= William Naish (Quaker) =

English Quaker and slavery abolitionist (1785–1860)

William Naish (1785–1860) was an English Quaker writer and abolitionist.

== Life ==
William Naish, son of Francis Naish, silversmith, by Susanna, his wife, was born in High Street, Bath, on 9 March 1785. Coming to London, he opened a haberdasher's shop in Gracechurch Street. He interested himself in the anti-slavery movement, and published a large number of tracts and pamphlets in favour of that cause. During 1829 and 1830 he opened a depository at his shop in Gracechurch Street for the sale of these and other publications. He afterwards lived at Maidstone and at Bath, where he died on 4 March 1860, aged 75. He was buried in the Friends' burial-ground at Widcombe Hill, near Bath.

== Personal ==
He married Frances, daughter of Jasper Capper, and sister of Samuel Capper, author of The Acknowledged Doctrines of the Church of Rome, London, 1849. His son, Arthur John Naish (1816–1889), was co-founder with Paul Bevan (a cousin of Joseph Gurney Bevan) of the Bevan-Naish Library of Friends' books, later deposited in the library, Dr. Johnson Passage, Birmingham.

== Works ==
Naish's chief publications, nearly all undated, are:

1. The Negro's Remembrancer, in thirteen numbers; many of the later numbers ran to second and third editions.
2. The Negro's Friend, in twenty-six numbers.
3. A Short History of the Poor Black Slaves who are employed in cultivating Sugar, Cotton, Coffee, &c. Intended to make little Children in England pity them, and use their Endeavours to relieve them from Bondage.
4. Reasons for using East Indian Sugar, 1828: this proceeded to a fifth edition.
5. A Brief Description of the Toil and Sufferings of Slaves in the British Sugar Colonies … by several Eye-witnesses.
6. The Negro Mother's Appeal (in verse).
7. A Comparison between Distressed English Labourers and the Coloured People and Slaves of the West Indies, from a Jamaica Paper.
8. Plead the Cause of the Poor and Needy.
9. The Advantages of Free Labour over the Labour of Slaves. Elucidated in the Cultivation of Pimento, Ginger, and Sugar.
10. Biographical Anecdotes: Persons of Colour, in five numbers.
11. A Sketch of the African Slave Trade, and the Slavery of Negroes under their Christian Masters in the European Colonies.
12. Sketches from the History of Pennsylvania, 1845.
13. The Fulfilment of the Prophecy of Isaiah, &c., London, 1853.
14. George Fox and his Friends as Leaders in the Peace Cause, London, 1859.

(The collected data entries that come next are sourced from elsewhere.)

//! Tells whether a setup and a meta are in range.

ghost use Rattle.std.specs.Prelude.{◌≡◌, ℕ, ◌<◌, ◌≤◌, ◌↔◌, IsTrue, true, false};
ghost use Rattle.paraid_base.specs.Regions.{IsGear};
ghost use Rattle.paraid_record.specs.Range.{AreCountersInRange, AreNextGears, AreWindows, IsInRange, IsOutInRange, IsPhaseInRange, IsSetupInRange, IsSpinCount, IsShiftInRange, IsVersionInRange, Within, allowed_spins, fill_limit as limit_of_fill, first_parked as parked_from, rebuild_units as units_of_rebuild};

use crate::{Meta, Setup};
use paraid_base::{DiskNo, Geometry, Out, Phase};
use paraid_ration::allowance;

/// How many units a rebuild of a disk has at a gear: its rows, the stripes of the gear's region
/// where the disk is below the gear, and the blocks of the dirty map on disks 0 and 1.
pub fn rebuild_units(geometry: &Geometry, gear: u8, disk: DiskNo) -> u32
    requires { IsGear geometry.now gear }
    ensures { result ≡ units_of_rebuild geometry.now gear disk }
{
    let stripes = if disk < gear {
        geometry.stripes(gear)
    } else {
        0
    };
    let map = if disk < 2 { geometry.map_blocks() } else { 0 };
    geometry.rows + stripes + map
}

impl Setup {
    /// Whether every value of the setup is in its range.
    pub fn is_in_range(&self) -> bool
        ensures { IsTrue result ↔ IsSetupInRange self.now }
    {
        is_within(1, self.rate, 65536)
            && is_within(1, self.service, 1048576)
            && is_within(1, self.up as u32, 100)
            && is_within(1, self.down as u32, 100)
            && are_windows(&self.windows)
            && is_growth_in_range(self.ration, self.burst, self.period)
            && self.spinning_mj <= 1048576
            && self.parked_mj <= 1048576
            && self.spinup_mj <= 1048576
    }
}

impl Meta {
    /// Whether every value of the meta is in its range, and the values fit together.
    pub fn is_in_range(&self) -> bool
        ensures { IsTrue result ↔ IsInRange self.now }
    {
        let meta = *self;
        let geometry = &meta.setup.geometry;
        if !meta.setup.is_in_range()
            || !is_version_in_range(meta.version, &meta.setup)
            || !are_counters_in_range(meta.epoch, meta.writes, meta.ticks)
            || !geometry.is_gear(meta.gear)
        {
            return false;
        }
        if !is_phase_in_range(geometry, meta.gear, meta.phase) {
            return false;
        }
        if !is_out_in_range(geometry, meta.gear, meta.out) {
            return false;
        }
        meta.is_shift_in_range() && meta.are_spins_in_range()
    }

    // Whether the fill mark, the phase and the disk that is out fit together.
    fn is_shift_in_range(&self) -> bool
        requires { IsPhaseInRange self.now.setup.geometry self.now.gear self.now.phase }
        ensures { IsTrue result ↔ IsShiftInRange self.now }
    {
        let out = self.out.is_any();
        self.fill <= fill_limit(&self.setup.geometry, self.gear, self.phase)
            && !(self.phase.is_down() && out)
            && !(out && self.fill > 0)
    }

    fn are_spins_in_range(&self) -> bool
        requires { 1 ≤ self.now.setup.period }
        ensures { IsTrue result ↔ ((disk : ℕ) → disk < 8 → IsSpinCount self.now disk) }
    {
        let setup = &self.setup;
        let allowed = allowance(setup.ration, setup.burst, setup.period, self.ticks);
        for disk in 0..8 {
            if !self.is_spin_count(disk, allowed) {
                return false;
            }
        }
        true
    }

    fn is_spin_count(&self, disk: DiskNo, allowed: u16) -> bool
        requires disk { disk < 8 }
        requires allowed { allowed ≡ allowed_spins self.now }
        ensures { IsTrue result ↔ IsSpinCount self.now disk }
    {
        let spins = self.spins[disk as usize];
        if disk >= self.setup.geometry.disks {
            spins == 0
        } else if disk >= first_parked(self.gear, self.phase) {
            spins < allowed
        } else {
            spins <= allowed
        }
    }
}

// Whether a ration is one, and the burst and the period fit it.
fn is_growth_in_range(ration: u16, burst: u16, period: u32) -> bool
    ensures { IsTrue result ↔ (Within 1 65535 ration × (Within 1 ration burst
        × Within 1 4294967295 period)) }
{
    ration >= 1 && burst >= 1 && burst <= ration && period >= 1
}

// Whether the version is known, and a setup of version 1 allows the whole ration at once.
fn is_version_in_range(version: u8, setup: &Setup) -> bool
    ensures { IsTrue result ↔ IsVersionInRange version setup.now }
{
    match version {
        1 => setup.burst == setup.ration && setup.period == 1,
        2 => true,
        _ => false,
    }
}

// Whether the epoch is one that a commit has. The other counters are any numbers of 64 bits.
fn are_counters_in_range(epoch: u64, _writes: u64, _ticks: u64) -> bool
    ensures { IsTrue result ↔ AreCountersInRange epoch _writes _ticks }
{
    // (the statement bounds the others as their types do)
    epoch >= 1
}

fn is_within(low: u32, x: u32, high: u32) -> bool
    ensures { IsTrue result ↔ Within low high x }
{
    low <= x && x <= high
}

fn are_windows(windows: &[u16; 3]) -> bool
    ensures { IsTrue result ↔ AreWindows windows.now }
{
    let [first, second, third] = *windows;
    first >= 1 && first <= 1024 && second <= 1024 && third <= 1024 && (second > 0 || third == 0)
}

// The first disk that the shift under way, or the gear, leaves parked.
fn first_parked(gear: u8, phase: Phase) -> DiskNo
    ensures { result ≡ parked_from gear phase }
{
    match phase {
        Phase::Steady => gear,
        Phase::Down { to } | Phase::Up { to } => to,
    }
}

fn is_phase_in_range(geometry: &Geometry, gear: u8, phase: Phase) -> bool
    requires { IsGear geometry.now gear }
    ensures { IsTrue result ↔ IsPhaseInRange geometry.now gear phase }
{
    match phase {
        Phase::Steady => true,
        Phase::Down { to } => are_next_gears(geometry, to, gear),
        Phase::Up { to } => are_next_gears(geometry, gear, to),
    }
}

// Whether these are two gears with none between them.
fn are_next_gears(geometry: &Geometry, lower: u8, higher: u8) -> bool
    ensures { IsTrue result ↔ AreNextGears geometry.now lower higher }
{
    if !geometry.is_gear(lower) || !geometry.is_gear(higher) {
        return false;
    }
    geometry.lower(higher) == Some(lower)
}

fn is_out_in_range(geometry: &Geometry, gear: u8, out: Out) -> bool
    requires { IsGear geometry.now gear }
    ensures { IsTrue result ↔ IsOutInRange geometry.now gear out }
{
    match out {
        Out::No => true,
        Out::Gone { disk } => disk < geometry.disks,
        Out::Fresh { disk, rebuilt } => {
            disk < geometry.disks && rebuilt <= rebuild_units(geometry, gear, disk)
        }
    }
}

// How many stripes of the region of the new gear can be filled.
fn fill_limit(geometry: &Geometry, gear: u8, phase: Phase) -> u32
    requires { IsPhaseInRange geometry.now gear phase }
    ensures { result ≡ limit_of_fill geometry.now phase }
{
    match phase {
        Phase::Steady => 0,
        Phase::Down { to } | Phase::Up { to } => geometry.stripes(to),
    }
}
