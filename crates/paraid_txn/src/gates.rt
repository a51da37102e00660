//! Gates of the log, and witnesses, which are open or closed in the same way: by their first byte.
ghost use Rattle.std.specs.Prelude.{◌≡◌};
ghost use Rattle.paraid_image.specs.Sides.{is_open};

use paraid_base::Block;

/// An open gate, or a closed one.
pub fn gate(opened: bool) -> Block
    ensures { is_open result ≡ opened }
{
    let mut block = Block::zero();
    if opened {
        block.set(0, 1);
    }
    block
}

/// Whether a gate is open.
pub fn opens(gate: &Block) -> bool
    ensures { result ≡ is_open gate.now }
{
    gate.as_slice()[0] != 0
}
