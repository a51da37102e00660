//! The calls that a commit makes of the rack: a disk that is skipped or absent gets none, the
//! first loss is borne, and the second is too many.
ghost use Rattle.std.specs.Prelude.{◌≡◌, ◌≢◌, ◌<◌, true, false, Some, Ok, is_ok};
ghost use Rattle.paraid_base.specs.Log.{log_most};
ghost use Rattle.paraid_rack.specs.Trail.{Trail, now};
ghost use Rattle.paraid_rack.specs.declared.call.Call.TheVariants.{Read, Sync, Write};
ghost use Rattle.paraid_rack.specs.declared.call.Power.TheVariants.{Absent};
ghost use Rattle.paraid_rack.specs.Disks.{is_present};
ghost use Rattle.paraid_txn.specs.CommitPart.{CommitPart, SyncedPart};
ghost use Rattle.paraid_txn.specs.Losses.{StaySynced, StaySyncedBut, CanWrite, FollowsAnswer, IsSyncedAt, MayDo};
ghost use Rattle.paraid_txn.specs.PutSynced.{MayPutSynced};
ghost use Rattle.paraid_txn.specs.Ready.{IsLogReady};
ghost use Rattle.paraid_txn.specs.Uses.{IsThisCall, UsesLog};

use crate::losses::Losses;
use paraid_base::{Block, DiskNo, Failed, Place, Two};
use paraid_rack::{Power, Rack};

// What follows the answer of a call on a disk.
fn follow(losses: &mut Losses, disk: DiskNo, answer: Result<(), Failed>) -> Result<(), Two>
    ensures { FollowsAnswer losses.old losses.new disk (is_ok answer) result }
{
    let Err(Failed) = answer else {
        return Ok(());
    };
    if let Some(two) = Two::beside(losses.down, disk) {
        return Err(two);
    }
    *losses = Losses {
        down: Some(disk),
        lost: Some(disk),
    };
    Ok(())
}

// Whether a disk gets no call: it is the one that is skipped, or it is absent.
fn is_passed<R: Rack>(rack: &R, skip: Option<DiskNo>, disk: DiskNo) -> bool
    requires { disk < R.slot_count rack.now }
    ensures passed { result ≡ true → skip ≢ Some disk → (R.slot rack.now disk).power ≡ Absent }
    ensures called { result ≡ false → skip ≢ Some disk }
    ensures present { result ≡ false → is_present (R.slot rack.now disk).power ≡ true }
{
    skip == Some(disk) || rack.power(disk) == Power::Absent
}

/// Writes a block, unless the disk is skipped or absent. Most calls that a commit makes are of this
/// kind.
#[inline(always)]
pub fn put<R: Rack>(
    rack: &mut R,
    losses: &mut Losses,
    skip: Option<DiskNo>,
    disk: DiskNo,
    place: Place,
    block: &Block,
) -> Result<(), Two>
    requires exists { disk < R.slot_count rack.old }
    requires can { skip ≢ Some disk → CanWrite (R.slot rack.old) disk place }
    ensures slots { R.slot_count rack.new ≡ R.slot_count rack.old }
    ensures does { MayDo (R.told rack.old) (R.told rack.new) (R.slot rack.old) skip disk
        (λ done. Write disk place block.now done) }
    ensures part { CommitPart R.Rack (IsThisCall skip disk (λ done.
        Write disk place block.now done)) losses.old losses.new rack.old rack.new result }
    ensures still_synced { StaySyncedBut (λ d. (d ≡ disk) × (skip ≢ Some d))
        (R.slot rack.old) (R.slot rack.new) }
{
    if is_passed(rack, skip, disk) {
        return Ok(());
    }
    let answer = rack.write(disk, place, block);
    follow(losses, disk, answer)
}

/// Makes the disk keep all that was written, unless it is skipped or absent.
pub fn sync_slot<R: Rack>(
    rack: &mut R,
    losses: &mut Losses,
    skip: Option<DiskNo>,
    disk: DiskNo,
) -> Result<(), Two>
    requires exists { disk < R.slot_count rack.old }
    requires can { skip ≢ Some disk → CanWrite (R.slot rack.old) disk 0 }
    ensures slots { R.slot_count rack.new ≡ R.slot_count rack.old }
    ensures does { MayDo (R.told rack.old) (R.told rack.new) (R.slot rack.old) skip disk
        (λ done. Sync disk done) }
    ensures part { CommitPart R.Rack (IsThisCall skip disk (λ done. Sync disk done))
        losses.old losses.new rack.old rack.new result }
    ensures still_synced { StaySynced (R.slot rack.old) (R.slot rack.new) }
    ensures synced { skip ≢ Some disk → IsSyncedAt (R.slot rack.new) disk }
{
    if is_passed(rack, skip, disk) {
        return Ok(());
    }
    let answer = rack.sync(disk);
    follow(losses, disk, answer)
}

/// Writes a block in the log of a log disk and makes the disk keep it, unless it is skipped or
/// absent.
#[inline(always)]
pub fn put_synced<R: Rack>(
    rack: &mut R,
    losses: &mut Losses,
    skip: Option<DiskNo>,
    disk: DiskNo,
    place: Place,
    block: &Block,
) -> Result<(), Two>
    requires exists { disk < R.slot_count rack.old }
    requires log_disk { disk < 2 }
    requires in_log { place < log_most }
    requires log { IsLogReady skip (R.slot rack.old) }
    ensures does { MayPutSynced R.Rack skip disk place block.now rack.old rack.new result }
    ensures leaves { SyncedPart R.Rack (UsesLog skip) losses.old losses.new rack.old rack.new
        result }
{
    put(rack, losses, skip, disk, place, block)?;
    sync_slot(rack, losses, skip, disk) // before the next step
}

/// Reads a block, unless the disk is skipped or absent. It answers whether it was read.
pub fn take<R: Rack>(
    rack: &mut R,
    losses: &mut Losses,
    skip: Option<DiskNo>,
    disk: DiskNo,
    place: Place,
    into: &mut Block,
) -> Result<bool, Two>
    requires exists { disk < R.slot_count rack.old }
    requires can { skip ≢ Some disk → CanWrite (R.slot rack.old) disk place }
    ensures slots { R.slot_count rack.new ≡ R.slot_count rack.old }
    ensures does { MayDo (R.told rack.old) (R.told rack.new) (R.slot rack.old) skip disk
        (λ done. Read disk place done) }
    ensures part { CommitPart R.Rack (IsThisCall skip disk (λ done. Read disk place done))
        losses.old losses.new rack.old rack.new result }
    ensures still_synced { StaySynced (R.slot rack.old) (R.slot rack.new) }
    ensures bytes { result ≡ Ok true → (t : Trail) → R.told rack.old ≡ Some t
        → into.new ≡ (now t).block disk place }
    ensures read { result ≡ Ok true → skip ≢ Some disk }
    ensures present { result ≡ Ok true
        → is_present (R.slot rack.old disk).power ≡ true }
    ensures passed { result ≡ Ok false → skip ≢ Some disk
        → (R.slot rack.new disk).power ≡ Absent }
{
    if is_passed(rack, skip, disk) {
        return Ok(false);
    }
    let answer = rack.read(disk, place, into);
    let read = answer.is_ok();
    follow(losses, disk, answer)?;
    Ok(read)
}
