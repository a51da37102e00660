//! The law of the spellings: no two values in range share one.

ghost use Rattle.std.specs.Prelude.{◌≡◌, ◌≤◌, List, All, length};
ghost use Rattle.paraid_base.specs.Log.{batch_room};
ghost use Rattle.paraid_record.specs.declared.meta.Meta.{Meta as MetaType};
ghost use Rattle.paraid_record.specs.declared.targets.Target.{Target as TargetType};
ghost use Rattle.paraid_record.specs.Meta.{meta_bytes};
ghost use Rattle.paraid_record.specs.Range.{IsInRange};
ghost use Rattle.paraid_record.specs.Targets.{FitsBytes, targets_bytes};

/// Metas in range with the same bytes are the same, and so are lists of at most 96 targets. It
/// does nothing.
pub fn spellings_differ()
    ensures metas { (a b : MetaType) → IsInRange a → IsInRange b
        → meta_bytes a ≡ meta_bytes b → a ≡ b }
    ensures targets { (a b : List TargetType) → length a ≤ batch_room → length b ≤ batch_room
        → All FitsBytes a → All FitsBytes b → targets_bytes a ≡ targets_bytes b → a ≡ b }
{}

A tale, The Negro Slave, 1830, 8vo, was also attributed to Naish in the British Museum Catalogue; but from the preface it is given as the work of a lady.

== Sources ==
- Fell-Smith, Charlotte; Spence, Peter (2004). "Naish, William (1785–1860), slavery abolitionist". Oxford Dictionary of National Biography. Oxford University Press. Retrieved 15 September 2022.